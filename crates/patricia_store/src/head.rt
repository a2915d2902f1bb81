//! What a look-up reads of a node first.
ghost use Rattle.std.specs.Prelude.{◌≡◌, ◌+◌, ◌<◌, ◌*◌, ◌/◌, ◌%◌, IfSome, nat_lt};
ghost use Rattle.patricia_store.specs.Internal.Packing.{most};
ghost use Rattle.patricia_store.specs.Internal.Heads.{apart_bit_of, leaf_bit_of, label_bits_of};
ghost use Rattle.patricia_store.specs.Internal.Heads.{link_of, next_of, head_of};
ghost use Rattle.patricia_store.specs.Internal.Heads.{child_in, sibling_in, offset_in};
ghost use Rattle.patricia_store.specs.Internal.Heads.{with_child, with_sibling};

use crate::packed::{MOST, Packed};
use std::mem;

/// The links of a node, and the first byte and the length of its label.
// From its highest bit on, `word` has a bit that says that the sibling is not the next node of the
// vector, the first byte of the label, a bit for a node without children, and in six bits the
// length of the label, `LONG` where it is no less. So `word` is less than `FIRST * b` where the
// sibling is the next node and the first byte is less than b.
//
// `link` is the number of the first child, and of a node without children says where the label is.
// `next` is the number of the sibling, or `NONE`.
#[derive(Clone, Copy)]
pub struct Head {
    word: u16,
    link: Packed,
    next: Packed,
}

const APART: u16 = 32768;

const FIRST: u16 = 128;

const LEAF: u16 = 64;

/// A length that a head notes is that of the label where it is less.
pub const LONG: usize = 63;

const NONE: usize = MOST;

const _: () = prove!(mem::size_of::<Head>() == 14);

// The bits of a label: its first byte, 0 where there is none, and its length.
fn label_bits(label: &[u8]) -> u16
    ensures value { result ≡ label_bits_of label.now }
    ensures small { result < APART }
{
    let first = if label.is_empty() { 0 } else { label[0] };
    let len = if label.len() < LONG {
        label.len()
    } else {
        LONG
    };
    FIRST * first as u16 + len as u16
}

// The bit of a node without this child.
fn leaf_bit(child: Option<usize>) -> u16
    ensures { result ≡ leaf_bit_of child }
{
    if child.is_none() { LEAF } else { 0 }
}

// The bit of a node before this number, whose sibling may be there.
fn apart_bit(next: usize, sibling: Option<usize>) -> u16
    ensures { result ≡ apart_bit_of next sibling }
{
    match sibling {
        Some(id) if id == next => 0,
        _ => APART,
    }
}

// The first child, or where the label is of a node without one.
fn link(child: Option<usize>, offset: Packed) -> Packed
    requires { IfSome child (λ n. n < most + 1) }
    ensures { result ≡ link_of child offset }
{
    match child {
        None => offset,
        Some(id) => Packed::new(id),
    }
}

// The sibling, or `NONE`.
fn next(sibling: Option<usize>) -> Packed
    requires { IfSome sibling (λ n. n < most + 1) }
    ensures { result ≡ next_of sibling }
{
    match sibling {
        None => Packed::new(NONE),
        Some(id) => Packed::new(id),
    }
}

impl Head {
    /// The head of a node before the one with the number `next`, whose label is at `offset`.
    pub fn new(
        next_id: usize,
        child: Option<usize>,
        sibling: Option<usize>,
        label: &[u8],
        offset: Packed,
    ) -> Head
        requires child { IfSome child (λ n. n < most + 1) }
        requires sibling { IfSome sibling (λ n. n < most + 1) }
        ensures { result ≡ head_of next_id child sibling label.now offset }
    {
        let bits = leaf_bit(child) + label_bits(label);
        Head {
            word: apart_bit(next_id, sibling) + bits,
            link: link(child, offset),
            next: next(sibling),
        }
    }

    /// The first byte of the label, 0 where there is none.
    pub fn first_byte(self) -> u8
        ensures { result ≡ self.word / 128 % 256 }
    {
        (self.word / FIRST % 256) as u8
    }

    /// The length of the label, or 63 where it is no less.
    pub fn short_len(self) -> usize
        ensures { result ≡ self.word % 64 }
    {
        (self.word % LEAF) as usize
    }

    /// Whether the sibling is the next node and the first byte is less than `b`.
    pub fn is_before(self, b: u8) -> bool
        ensures { result ≡ nat_lt self.word (128 * b) }
    {
        self.word < FIRST * b as u16
    }

    /// Where the label is of a node without children.
    pub fn leaf_offset(self) -> Option<Packed>
        ensures { result ≡ offset_in self }
    {
        if self.word / LEAF % 2 == 1 {
            Some(self.link)
        } else {
            None
        }
    }

    /// The first child.
    pub fn child(self) -> Option<usize>
        ensures value { result ≡ child_in self }
        ensures small { IfSome result (λ n. n < most + 1) }
    {
        if self.word / LEAF % 2 == 1 {
            None
        } else {
            Some(self.link.get())
        }
    }

    /// The sibling.
    pub fn sibling(self) -> Option<usize>
        ensures value { result ≡ sibling_in self }
        ensures small { IfSome result (λ n. n < most) }
    {
        let next = self.next.get();
        if next == NONE { None } else { Some(next) }
    }

    /// Puts another number for the first child, where the label is at `offset`.
    pub fn set_child(&mut self, child: Option<usize>, offset: Packed)
        requires { IfSome child (λ n. n < most + 1) }
        ensures { self.new ≡ with_child child offset self.old }
    {
        self.word = self.word / FIRST * FIRST + (leaf_bit(child) + self.word % LEAF);
        self.link = link(child, offset);
    }

    /// Puts another number for the sibling of a node before the one with the number `next_id`.
    pub fn set_sibling(&mut self, next_id: usize, sibling: Option<usize>)
        requires { IfSome sibling (λ n. n < most + 1) }
        ensures { self.new ≡ with_sibling next_id sibling self.old }
    {
        self.word = apart_bit(next_id, sibling) + self.word % APART;
        self.next = next(sibling);
    }

    /// Puts other numbers for the links, of which there are as many, of a node that comes before
    /// the one with the number `next_id`.
    pub fn move_links(&mut self, next_id: usize, child: Option<usize>, sibling: Option<usize>)
        requires child { IfSome child (λ n. n < most + 1) }
        requires sibling { IfSome sibling (λ n. n < most + 1) }
        ensures { self.new
            ≡ with_sibling next_id sibling (with_child child self.old.link self.old) }
    {
        let offset = self.link;
        self.set_child(child, offset);
        self.set_sibling(next_id, sibling);
    }
}
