//! Nodes that are laid in another order where they are.
//!
//! An order is a list of numbers: the node with the first number comes first. Beside it stands its
//! inverse, which says of each node at which place it comes.
ghost use Rattle.std.specs.Prelude.{◌≡◌, ◌<◌, ◌≤◌, ℕ, length, IfSome};
ghost use Rattle.std.specs.Prelude.{vec_len, vec_capacity};
ghost use Rattle.patricia_store.specs.Internal.Permutations.{AreInverse, Gathers};
ghost use Rattle.patricia_store.specs.Internal.Permutations.{KeepsGathered, StartsWith};
ghost use Rattle.patricia_store.specs.Internal.Renumbering.{place_of, moved};
ghost use Rattle.patricia_store.specs.Internal.Renumbering.{RenumbersHeads};

use crate::body::Body;
use crate::head::Head;
use crate::interleave::{count_strays, interleave};
use crate::memory::give_back;
use crate::packed::Packed;

// The number that a node gets.
fn place(places: &[u32], id: usize) -> usize
    ensures value { result ≡ place_of places.now id }
    ensures small { (n : ℕ) → 4294967296 ≤ n → id < n → result < n }
{
    match places.get(id) {
        Some(&place) => place as usize,
        None => id,
    }
}

/// The link to the same node, where each number has the place that is listed for it.
pub fn moved_link(places: &[u32], link: Option<usize>) -> Option<usize>
    ensures value { result ≡ moved places.now link }
    ensures small { (n : ℕ) → 4294967296 ≤ n → IfSome link (λ id. id < n)
        → IfSome result (λ id. id < n) }
{
    match link {
        Some(id) => Some(place(places, id)),
        None => None,
    }
}

/// Links heads by the new numbers of children and siblings, each as at its new place.
pub fn renumber(heads: &mut Vec<Head>, places: &[u32])
    requires { length places.now ≡ vec_len heads.old }
    ensures items { RenumbersHeads places.now heads.old.items heads.new.items }
    ensures capacity { vec_capacity heads.new ≡ vec_capacity heads.old }
{
    let mut id = 0;
    while id < heads.len() {
        let head = &mut heads[id];
        let next = place(places, id) + 1;
        let child = moved_link(places, head.child());
        let sibling = moved_link(places, head.sibling());
        head.move_links(next, child, sibling);
        id += 1;
    }
}

// Puts heads and bodies in this order. Does not allocate.
fn permute<V>(
    heads: &mut Vec<Head>,
    bodies: &mut Vec<Body<V>>,
    mut order: Vec<u32>,
    mut places: Vec<u32>,
)
    requires inverse { AreInverse order.items places.items }
    requires heads { length order.items ≡ vec_len heads.old }
    requires bodies { length order.items ≡ vec_len bodies.old }
    ensures heads { Gathers order.items heads.old.items heads.new.items }
    ensures bodies { Gathers order.items bodies.old.items bodies.new.items }
    ensures heads_capacity { vec_capacity heads.new ≡ vec_capacity heads.old }
    ensures bodies_capacity { vec_capacity bodies.new ≡ vec_capacity bodies.old }
{
    let mut i = 0;
    while i < heads.len() {
        // what belongs here changes places with what is here
        let from = order[i];
        let to = places[i];
        heads.swap(i, from as usize);
        bodies.swap(i, from as usize);
        order[to as usize] = from;
        places[from as usize] = to;
        i += 1;
    }
    give_back(order);
    give_back(places);
}

// Adds heads and bodies of nodes without label, value and links, until there are `n` of them. Does
// not allocate.
fn fill<V>(heads: &mut Vec<Head>, bodies: &mut Vec<Body<V>>, n: usize)
    requires same { vec_len bodies.old ≡ vec_len heads.old }
    requires more { vec_len heads.old ≤ n }
    requires in_heads { n ≤ vec_capacity heads.old }
    requires in_bodies { n ≤ vec_capacity bodies.old }
    ensures heads { StartsWith heads.new.items heads.old.items }
    ensures bodies { StartsWith bodies.new.items bodies.old.items }
    ensures heads_len { vec_len heads.new ≡ n }
    ensures bodies_len { vec_len bodies.new ≡ n }
    ensures heads_capacity { vec_capacity heads.new ≡ vec_capacity heads.old }
    ensures bodies_capacity { vec_capacity bodies.new ≡ vec_capacity bodies.old }
{
    while heads.len() < n {
        let offset = Packed::new(0);
        heads.push_reserved(Head::new(0, None, None, &[], offset));
        bodies.push_reserved(Body::Plain { len: 0, offset });
    }
}

/// Puts heads and bodies in this order, and keeps the first `used` of them. Those with numbers
/// below `settled` are quickest where they are in that order already: without room behind the nodes
/// for the others, all change places one by one. Does not allocate.
pub fn arrange<V: Drop>(
    heads: &mut Vec<Head>,
    bodies: &mut Vec<Body<V>>,
    mut order: Vec<u32>,
    mut places: Vec<u32>,
    used: usize,
    settled: usize,
)
    requires inverse { AreInverse order.items places.items }
    requires heads { length order.items ≡ vec_len heads.old }
    requires bodies { length order.items ≡ vec_len bodies.old }
    ensures heads { KeepsGathered used order.items heads.old.items heads.new.items }
    ensures bodies { KeepsGathered used order.items bodies.old.items bodies.new.items }
    ensures heads_capacity { vec_capacity heads.new ≡ vec_capacity heads.old }
    ensures bodies_capacity { vec_capacity bodies.new ≡ vec_capacity bodies.old }
{
    let len = heads.len();
    let first = used.min(len);
    let strays = count_strays(&order[..first], settled);
    let room = heads
        .capacity()
        .min(bodies.capacity())
        .min(u32::MAX as usize);
    if room < len || room - len < strays {
        permute(heads, bodies, order, places);
    } else {
        order.truncate(first);
        // the numbers of both lists are used up as items are put to their places
        places.truncate(first);
        places.copy_from_slice(order.as_slice());
        fill(heads, bodies, len + strays);
        interleave(heads.as_mut_slice(), order, len, settled);
        interleave(bodies.as_mut_slice(), places, len, settled);
    }
    heads.truncate(first);
    bodies.truncate(first);
}
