impl<V> Store<V> {
    /// No node. Does not allocate.
    pub fn new(alloc: Global) -> Store<V>
        ensures { result.items ≡ [] }
    {
        Store {
            heads: Vec::new(alloc),
            bodies: Vec::new(alloc),
            labels: Labels::new(alloc),
            dead: 0,
            alloc,
        }
    }

    /// How many nodes there are.
    pub fn len(&self) -> usize
        ensures value { result ≡ length self.now.items }
        ensures few { result < most }
    {
        self.heads.len()
    }

    /// How many nodes there is room for.
    pub fn capacity(&self) -> usize
        ensures value { result ≡ self.now.capacity }
        ensures enough { length self.now.items ≤ result }
        ensures few { result < most }
    {
        self.heads
            .capacity()
            .min(self.bodies.capacity())
            .min(MOST_NODES)
    }

    /// How many more bytes of labels there is room for.
    pub fn room(&self) -> usize
        ensures { result ≡ self.now.room }
    {
        self.labels.room()
    }

    /// How many bytes of labels there are, with those of labels that no node has.
    pub fn used(&self) -> usize
        ensures { result ≡ self.now.used }
    {
        self.labels.len()
    }

    /// The label of a node. Reads no body where the node has no child and the label less than 63
    /// bytes.
    pub fn label(&self, id: usize) -> &[u8]
        requires { id < length self.now.items }
        ensures node { ReadsNode self.now id (λ n. result.now ≡ n.label) }
        ensures short { length result.now ≤ most }
    {
        let span = span_of(self.heads[id], &self.bodies[id]);
        self.labels.get(span)
    }

    /// The bytes from the label of a node on, and how many of them it has. Reads no more than
    /// `label` does.
    pub fn label_onwards(&self, id: usize) -> (&[u8], usize)
        requires { id < length self.now.items }
        ensures node { ReadsNode self.now id (λ n. take result.1 result.0.now ≡ n.label) }
        ensures within { result.1 ≤ length result.0.now }
    {
        let span = span_of(self.heads[id], &self.bodies[id]);
        self.labels.get_onwards(span)
    }

    /// The value of a node, where there is one.
    pub fn value(&self, id: usize) -> Option<&V>
        requires { id < length self.now.items }
        ensures { ReadsNode self.now id (λ n. option_copied result ≡ n.value) }
    {
        self.bodies[id].value()
    }

    /// The first byte of a node's label, 0 where there is none. Reads its head alone.
    pub fn first_byte(&self, id: usize) -> u8
        requires { id < length self.now.items }
        ensures { ReadsNode self.now id (λ n. result ≡ byte_of n.label) }
    {
        self.heads[id].first_byte()
    }

    /// The length of a node's label, in bytes, or 63 where it is no less. Reads its head alone.
    pub fn short_len(&self, id: usize) -> usize
        requires { id < length self.now.items }
        ensures { ReadsNode self.now id (λ n. result ≡ short_len_of n.label) }
    {
        self.heads[id].short_len()
    }

    /// The first child of a node. Reads its head alone.
    pub fn child(&self, id: usize) -> Option<usize>
        requires { id < length self.now.items }
        ensures node { ReadsNode self.now id (λ n. result ≡ n.child) }
        ensures link { IsLink result }
    {
        self.heads[id].child()
    }

    /// The sibling of a node. Reads its head alone.
    pub fn sibling(&self, id: usize) -> Option<usize>
        requires { id < length self.now.items }
        ensures node { ReadsNode self.now id (λ n. result ≡ n.sibling) }
        ensures link { IsLink result }
    {
        self.heads[id].sibling()
    }

    /// The first node from this one on, along siblings of which each is the next node of the
    /// vector, whose first byte is not less than `b`, or the last of them. Reads heads alone, with
    /// one comparison for each.
    #[inline(never)]
    pub fn run(&self, id: usize, b: u8) -> usize
        requires within { (to : ℕ) → IsRun self.now b id to → to < length self.now.items }
        ensures passes { IsRun self.now b id result }
        ensures ends { EndsRun self.now b result }
    {
        let mut at = id;
        while self.heads[at].is_before(b) {
            at += 1;
        }
        at
    }

    /// Puts another number for the first child of a node.
    pub fn set_child(&mut self, id: usize, to: Option<usize>)
        requires there { id < length self.old.items }
        requires link { IsLink to }
        ensures node { Changes self.old self.new id (λ n. record n { child = to }) }
        ensures room { KeepsRoom self.old self.new }
    {
        let offset = offset_of(to, &self.bodies[id]);
        self.heads[id].set_child(to, offset);
    }

    /// Puts another number for the sibling of a node. Touches its head alone.
    pub fn set_sibling(&mut self, id: usize, to: Option<usize>)
        requires there { id < length self.old.items }
        requires link { IsLink to }
        ensures node { Changes self.old self.new id (λ n. record n { sibling = to }) }
        ensures room { KeepsRoom self.old self.new }
    {
        self.heads[id].set_sibling(id + 1, to);
    }

    /// Puts another value to a node, or none, and returns the one that was there.
    pub fn replace_value(&mut self, id: usize, value: Option<V>) -> Option<V>
        requires there { id < length self.old.items }
        ensures node { Trades self.old self.new id (λ n. record n { value = value }) result }
        ensures room { KeepsRoom self.old self.new }
    {
        let body = &mut self.bodies[id];
        let span = body.span();
        body.replace(span, value)
    }

    /// Takes the value out of a node, and leaves it without children.
    pub fn take_contents(&mut self, id: usize) -> Option<V>
        requires there { id < length self.old.items }
        ensures node { Trades self.old self.new id
            (λ n. record n { child = None; value = None }) result }
        ensures room { KeepsRoom self.old self.new }
    {
        let body = &mut self.bodies[id];
        let span = body.span();
        let value = body.replace(span, None);
        self.heads[id].set_child(None, span.offset);
        value
    }

    /// Puts another label, first child and value to a node, and returns the value that was there.
    /// Does not allocate.
    pub fn replace_contents(
        &mut self,
        id: usize,
        label: &[u8],
        child: Option<usize>,
        value: Option<V>,
    ) -> Option<V>
        requires there { id < length self.old.items }
        requires link { IsLink child }
        requires room { label_room (length label.now) ≤ self.old.room }
        ensures node { Trades self.old self.new id
            (λ n. record n { label = label.now; child = child; value = value }) result }
        ensures capacity { self.new.capacity ≡ self.old.capacity }
        ensures room { self.old.room ≤ self.new.room + label_room (length label.now) }
    {
        self.dead = self.dead.saturating_add(self.label_len(id));
        let sibling = self.heads[id].sibling();
        let span = self.labels.push(label);
        self.heads[id] = Head::new(id + 1, child, sibling, label, span.offset);
        self.bodies[id].replace(span, value)
    }

    /// Lends the value of a node.
    pub fn value_mut(&mut self, id: usize) -> Option<&mut V>
        requires { id < length self.old.items }
        ensures* writes { sem 𝓛 (lends_value_at V.row self.entry id result) }
        ensures value { option_copied_mut result ≡ value_at (slice_get self.old.items id) }
    {
        self.bodies[id].value_mut()
    }

    /// Keeps the first `n` bytes of a node's label, or all where there are fewer, and puts another
    /// value to it. The rest of the label, the value and the children that the node had go to the
    /// node `tail`, which becomes its first child and keeps its own sibling; returns the value that
    /// `tail` had. Does not allocate, and copies no byte of the label.
    pub fn split_label(&mut self, id: usize, n: usize, tail: usize, value: Option<V>) -> Option<V>
        requires there { id < length self.old.items }
        requires tail { tail < length self.old.items }
        requires apart { tail ≢ id }
        requires room { ReadsNode self.old id (λ a. cut_room (length a.label) ≤ self.old.room) }
        ensures nodes { Splits self.old self.new id n tail value result }
        ensures capacity { self.new.capacity ≡ self.old.capacity }
        ensures room { ReadsNode self.old id
            (λ a. self.old.room ≤ self.new.room + cut_room (length a.label)) }
    {
        let replaced = &self.bodies[tail];
        self.dead = self.dead.saturating_add(label_len(replaced, &self.labels));
        let head = self.heads[id];
        let span = span_of(head, &self.bodies[id]);
        let (front, back) = self.labels.cut(span, n);
        let upper = Draft {
            span: front,
            child: Some(tail),
            sibling: head.sibling(),
            value,
        };
        let value = write(&mut self.heads, &mut self.bodies, &self.labels, id, upper);
        let lower = Draft {
            span: back,
            child: head.child(),
            sibling: self.heads[tail].sibling(),
            value,
        };
        write(&mut self.heads, &mut self.bodies, &self.labels, tail, lower)
    }

    /// Puts the label of another node behind that of a node, another first child and another
    /// value, and returns the value that was there. Does not allocate.
    pub fn join_labels(
        &mut self,
        upper: usize,
        lower: usize,
        child: Option<usize>,
        value: Option<V>,
    ) -> Option<V>
        requires upper { upper < length self.old.items }
        requires lower { lower < length self.old.items }
        requires link { IsLink child }
        requires room { ReadsNode self.old upper (λ a. ReadsNode self.old lower
            (λ b. joined_room (length a.label) (length b.label) ≤ self.old.room)) }
        ensures nodes { Joins self.old self.new upper lower child value result }
        ensures capacity { self.new.capacity ≡ self.old.capacity }
        ensures room { ReadsNode self.old upper (λ a. ReadsNode self.old lower
            (λ b. self.old.room
            ≤ self.new.room + joined_room (length a.label) (length b.label))) }
    {
        let head = self.heads[upper];
        let first = span_of(head, &self.bodies[upper]);
        let second = span_of(self.heads[lower], &self.bodies[lower]);
        let upper_len = label_len(&self.bodies[upper], &self.labels);
        let lower_len = label_len(&self.bodies[lower], &self.labels);
        let used = self.labels.len();
        let node = Draft {
            span: self.labels.join(first, second),
            child,
            sibling: head.sibling(),
            value,
        };
        let is_copied = self.labels.len() != used;
        self.dead = dead_joined(self.dead, is_copied, upper_len, lower_len);
        write(&mut self.heads, &mut self.bodies, &self.labels, upper, node)
    }
}
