//! What a node has beside its head.
ghost use Rattle.std.specs.Prelude.{◌≡◌, IfOk, IfSome};
ghost use Rattle.std.specs.Borrow.{sem};
ghost use Rattle.std.specs.Option.{option_copied, option_copied_mut};
ghost use Rattle.patricia_model.specs.Clones.{CloneIsSame};
ghost use Rattle.patricia_store.specs.Internal.Bodies.{span_in, value_in, body_of};
ghost use Rattle.patricia_store.specs.Internal.Bodies.{lends_value_in};

use crate::labels::Span;
use crate::packed::Packed;
use std::alloc::AllocError;
use std::mem;

/// Where the label of a node is, and the value.
// The parts of the label's span stand in the variants, so that the variant's own byte and they are
// eight bytes together.
#[derive(Drop)]
pub enum Body<V> {
    Plain { len: u8, offset: Packed },
    Valued { len: u8, offset: Packed, value: V },
}

const _: () = prove!(mem::size_of::<Body<()>>() == 8);

const _: () = prove!(mem::size_of::<Body<u32>>() == 12);

const _: () = prove!(mem::size_of::<Body<u64>>() == 16);

impl<V> Body<V> {
    /// The body with this label and value.
    pub fn new(span: Span, value: Option<V>) -> Body<V>
        ensures { result ≡ body_of span value }
    {
        let Span { len, offset } = span;
        match value {
            None => Body::Plain { len, offset },
            Some(value) => Body::Valued { len, offset, value },
        }
    }

    /// Where the label is.
    pub fn span(&self) -> Span
        ensures { result ≡ span_in self.now }
    {
        match self {
            Body::Plain { len, offset } => Span {
                len: *len,
                offset: *offset,
            },
            Body::Valued { len, offset, .. } => Span {
                len: *len,
                offset: *offset,
            },
        }
    }

    /// The value, where there is one.
    pub fn value(&self) -> Option<&V>
        ensures { option_copied result ≡ value_in self.now }
    {
        match self {
            Body::Plain { .. } => None,
            Body::Valued { value, .. } => Some(value),
        }
    }

    /// Lends the value.
    pub fn value_mut(&mut self) -> Option<&mut V>
        ensures* writes { sem 𝓛 (lends_value_in V.row self.entry result) }
        ensures value { option_copied_mut result ≡ value_in self.old }
    {
        match self {
            Body::Plain { .. } => None,
            Body::Valued { value, .. } => Some(value),
        }
    }

    // The value alone.
    fn into_value(self) -> Option<V>
        ensures { result ≡ value_in self }
    {
        match self {
            Body::Plain { .. } => None,
            Body::Valued { value, .. } => Some(value),
        }
    }

    /// Puts another label and value, or none, and returns the value that was there.
    pub fn replace(&mut self, span: Span, value: Option<V>) -> Option<V>
        ensures new { self.new ≡ body_of span value }
        ensures old { result ≡ value_in self.old }
    {
        mem::replace(self, Body::new(span, value)).into_value()
    }

    /// Puts another label.
    pub fn set_span(&mut self, span: Span)
        ensures { self.new ≡ body_of span (value_in self.old) }
    {
        match self {
            Body::Plain { len, offset } => {
                *len = span.len;
                *offset = span.offset;
            }
            Body::Valued { len, offset, .. } => {
                *len = span.len;
                *offset = span.offset;
            }
        }
    }
}

impl<V: Clone> Body<V> {
    /// The same label, and a copy of the value where there is one.
    pub fn try_clone(&self) -> Result<Body<V>, AllocError>
        requires { IfSome (value_in self.now) (CloneIsSame V.is_clone) }
        ensures { IfOk result (λ b. b ≡ self.now) }
    {
        match self {
            Body::Plain { len, offset } => Ok(Body::Plain {
                len: *len,
                offset: *offset,
            }),
            Body::Valued { len, offset, value } => Ok(Body::Valued {
                len: *len,
                offset: *offset,
                value: value.clone()?,
            }),
        }
    }
}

## Instructions for the task
Your response should contain each line of the listing in which the word "vector" occurs.

## Answer to this problem
// vector, the first byte of the label, a bit for a node without children, and in six bits the
    /// vector, whose first byte is not less than `b`, or the last of them. Reads heads alone, with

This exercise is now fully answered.